I.n. IL-33 treatment attenuates ConA-induced hepatitis. (A) WT mice received three daily i.n. IL-33 treatment and i.v. injected with ConA one month later. Mice were analyzed 1 week after ConA treatment. (B) Mice were weighed daily after ConA injections. Black, blue and red asterisks indicate statistically significant differences between -IL33/-ConA vs. -IL33/+ConA, +IL33/-ConA vs. +IL33/+ConA, and -IL33/+ConA vs. +IL33/+ConA, respectively. ILC2s (C), myeloid cells (D), CD206⁺ macrophages (E) and transcripts of indicated genes (F) were quantified in the liver. (G) Picrosirius red staining of -IL33/+ConA (red) and +IL33/+ConA (black) treated livers at low (left, scale bar = 200 µm) and high (right, scale bar = 50 µm) magnifications. (H) Picrosirius red+ area was quantified in -IL33/+ConA (red circles) and +IL33/+ConA (black squares) treated livers. (I–P) CD127 cKO mice were treated and analyzed as described in (A) The percentage body weights of -IL33/+ConA treated WT (circles) and cKO (squares) mice 24 hours after ConA treatment was calculated with respect to the weights at the time of ConA injections (I).
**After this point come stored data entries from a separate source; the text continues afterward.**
//! The fields of each structure, separated by blanks.

use crate::words::joined;
use der_types::{Any, Bits, Choice, Implicit, Unsigned};
use hex::ToHex;
use pkix::{
    AlgorithmIdentifier, Attributes, Certificate, EcdsaSigValue, LaterVersion, OneAsymmetricKey,
    PrivateKeyInfo, SubjectPublicKeyInfo, TbsCertificate, Time,
};
use sec1::{EcParameters, EcPrivateKey};
use std::alloc::{AllocError, Global};

/// Returns the hexadecimal digits of the bytes, or `empty` if there are none.
fn digits(alloc: Global, bytes: &[u8]) -> Result<String, AllocError> {
    if bytes.is_empty() {
        return "empty".to_string(alloc);
    }
    bytes.encode_hex(alloc)
}

/// Returns the digits of an element, or `-` if it is absent.
fn element_or_none(alloc: Global, element: &Option<Any>) -> Result<String, AllocError> {
    match element {
        Some(any) => digits(alloc, any.element()),
        None => "-".to_string(alloc),
    }
}

/// Returns the digits of a bit string's content: the number of unused bits, and the bytes.
fn bits(alloc: Global, bits: &Bits) -> Result<String, AllocError> {
    let unused = bits.unused_bits();
    let unused = format!(in alloc; "{unused:02x}");
    joined(alloc, "", [unused, bits.raw_bytes().encode_hex(alloc)])
}

/// Returns the digits of a bit string's content, or `-` if it is absent.
fn bits_or_none<K>(alloc: Global, field: &Option<Implicit<K, Bits>>) -> Result<String, AllocError> {
    match field {
        Some(field) => bits(alloc, &field.value),
        None => "-".to_string(alloc),
    }
}

/// Returns the digits of a number without the byte of its sign.
fn number(alloc: Global, number: &Unsigned) -> Result<String, AllocError> {
    match number.as_bytes() {
        [0, rest @ ..] if !rest.is_empty() => digits(alloc, rest),
        bytes => digits(alloc, bytes),
    }
}

/// Returns the identifier of an algorithm and its parameters.
fn algorithm(alloc: Global, value: &AlgorithmIdentifier) -> Result<String, AllocError> {
    let identifier = digits(alloc, value.algorithm.as_bytes());
    let parameters = element_or_none(alloc, &value.parameters);
    joined(alloc, ":", [identifier, parameters])
}

/// Returns the type of a time and its characters.
fn time(alloc: Global, time: &Time) -> Result<String, AllocError> {
    let (letter, bytes) = match time {
        Choice::First(utc) => ("u", utc.0.as_bytes()),
        Choice::Second(general) => ("g", general.0.as_bytes()),
    };
    match std::str::from_utf8(bytes) {
        Ok(text) => format!(in alloc; "{letter}:{text}"),
        Err(_) => "not text".to_string(alloc),
    }
}

/// Returns the hexadecimal digits of a field of a key, in upper case, or `-` if it has no bytes.
fn key_digits(alloc: Global, bytes: &[u8]) -> Result<String, AllocError> {
    if bytes.is_empty() {
        return "-".to_string(alloc);
    }
    bytes.encode_hex_upper(alloc)
}

/// Returns the private key, the curve and the public key of an EC private key, the last two `none`
/// if absent.
pub(crate) fn ec_private_key(alloc: Global, key: &EcPrivateKey) -> Result<String, AllocError> {
    let private_key = key_digits(alloc, key.private_key);
    let curve = match key.parameters {
        Some(EcParameters::NamedCurve(curve)) => curve.to_string(alloc),
        None => "none".to_string(alloc),
    };
    let public_key = match key.public_key {
        Some(bytes) => key_digits(alloc, bytes),
        None => "none".to_string(alloc),
    };
    joined(alloc, " ", [private_key, curve, public_key])
}

/// Returns the fields of a signature.
pub(crate) fn signature(alloc: Global, value: &EcdsaSigValue) -> Result<String, AllocError> {
    joined(
        alloc,
        " ",
        [number(alloc, &value.r), number(alloc, &value.s)],
    )
}

/// Returns the fields of a public key.
pub(crate) fn public_key_info(
    alloc: Global,
    value: &SubjectPublicKeyInfo,
) -> Result<String, AllocError> {
    let identifier = digits(alloc, value.algorithm.algorithm.as_bytes());
    let parameters = element_or_none(alloc, &value.algorithm.parameters);
    let bits = bits(alloc, &value.public_key);
    joined(alloc, " ", [identifier, parameters, bits])
}

/// Returns the digits of the attributes of a container, or `-` if they are absent.
fn attributes(alloc: Global, value: &Option<Attributes>) -> Result<String, AllocError> {
    match value {
        Some(attributes) => digits(alloc, attributes.value.as_bytes()),
        None => "-".to_string(alloc),
    }
}

/// Returns the fields that containers of both versions have.
fn container(
    alloc: Global,
    algorithm: &AlgorithmIdentifier,
    key: &[u8],
    value: &Option<Attributes>,
) -> Result<String, AllocError> {
    let identifier = digits(alloc, algorithm.algorithm.as_bytes());
    let parameters = element_or_none(alloc, &algorithm.parameters);
    let key = digits(alloc, key);
    joined(
        alloc,
        " ",
        [identifier, parameters, key, attributes(alloc, value)],
    )
}

/// Returns the fields of a container of version 0.
pub(crate) fn private_key_info(
    alloc: Global,
    value: &PrivateKeyInfo,
) -> Result<String, AllocError> {
    let fields = container(
        alloc,
        &value.algorithm,
        value.private_key.bytes,
        &value.attributes,
    );
    joined(
        alloc,
        " ",
        ["0".to_string(alloc), fields, "-".to_string(alloc)],
    )
}

/// Returns the fields of a container of version 1.
pub(crate) fn one_asymmetric_key(
    alloc: Global,
    value: &OneAsymmetricKey,
) -> Result<String, AllocError> {
    let fields = container(
        alloc,
        &value.algorithm,
        value.private_key.bytes,
        &value.attributes,
    );
    let public_key = bits_or_none(alloc, &value.public_key);
    joined(alloc, " ", ["1".to_string(alloc), fields, public_key])
}

/// Returns the number of the version of a certificate, from 1 to 3.
fn version(value: &TbsCertificate) -> u8 {
    match &value.version {
        None => 1,
        Some(version) => match version.value {
            LaterVersion::V2 => 2,
            LaterVersion::V3 => 3,
        },
    }
}

/// Returns the fields from the version to the algorithm of the signature.
fn front(alloc: Global, value: &TbsCertificate) -> Result<String, AllocError> {
    let version = version(value).to_string(alloc);
    let serial = digits(alloc, value.serial_number.as_bytes());
    joined(
        alloc,
        " ",
        [version, serial, algorithm(alloc, &value.signature)],
    )
}

/// Returns the times in which a certificate is valid.
fn validity(alloc: Global, value: &TbsCertificate) -> Result<String, AllocError> {
    let not_before = time(alloc, &value.validity.not_before);
    let not_after = time(alloc, &value.validity.not_after);
    joined(alloc, " ", [not_before, not_after])
}

/// Returns the fields from the version to the subject.
fn names(alloc: Global, value: &TbsCertificate) -> Result<String, AllocError> {
    let front = front(alloc, value);
    let issuer = digits(alloc, value.issuer.as_bytes());
    let subject = digits(alloc, value.subject.as_bytes());
    joined(alloc, " ", [front, issuer, validity(alloc, value), subject])
}

/// Returns the unique identifiers and the extensions.
fn additions(alloc: Global, value: &TbsCertificate) -> Result<String, AllocError> {
    let issuer = bits_or_none(alloc, &value.issuer_unique_id);
    let subject = bits_or_none(alloc, &value.subject_unique_id);
    let extensions = match &value.extensions {
        Some(extensions) => digits(alloc, extensions.value.as_bytes()),
        None => "-".to_string(alloc),
    };
    joined(alloc, " ", [issuer, subject, extensions])
}

/// Returns the algorithm and the value of the signature of a certificate.
fn signed(alloc: Global, value: &Certificate) -> Result<String, AllocError> {
    let algorithm = algorithm(alloc, &value.signature_algorithm);
    joined(alloc, " ", [algorithm, bits(alloc, &value.signature)])
}

/// Returns the fields of a certificate.
pub(crate) fn certificate(alloc: Global, value: &Certificate) -> Result<String, AllocError> {
    let names = names(alloc, &value.tbs_certificate);
    let key = public_key_info(alloc, &value.tbs_certificate.public_key);
    let additions = additions(alloc, &value.tbs_certificate);
    joined(alloc, " ", [names, key, additions, signed(alloc, value)])
}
Mice were weighed daily after ConA injections (J). ILC2s (K), myeloid cells (L), CD206⁺ macrophages (M) and transcripts of indicated genes (N) were quantified in the liver. (O) Picrosirius red staining of -IL33/+ConA (red) and +IL33/+ConA (black) treated livers at low (left, scale bar = 200 µm) and high (right, scale bar = 50 µm) magnifications. (P) Picrosirius red+ area was quantified in -IL33/+ConA (red circles) and +IL33/+ConA (black squares) livers. “+/-” indicates presence or absence of i.n. IL-33 and i.v. ConA treatments, respectively. Data shown are mean ± SEM. n = 4-8 (B–H), n = 6-8 (I–P). Two-way ANOVA with Bonferroni correction (B–F, K–N) or unpaired two-tailed t test (H–J, P) was used to determine statistical significance. *P ≤ 0.05, **P ≤ 0.01, ***P ≤ 0.001, ****P ≤ 0.0001.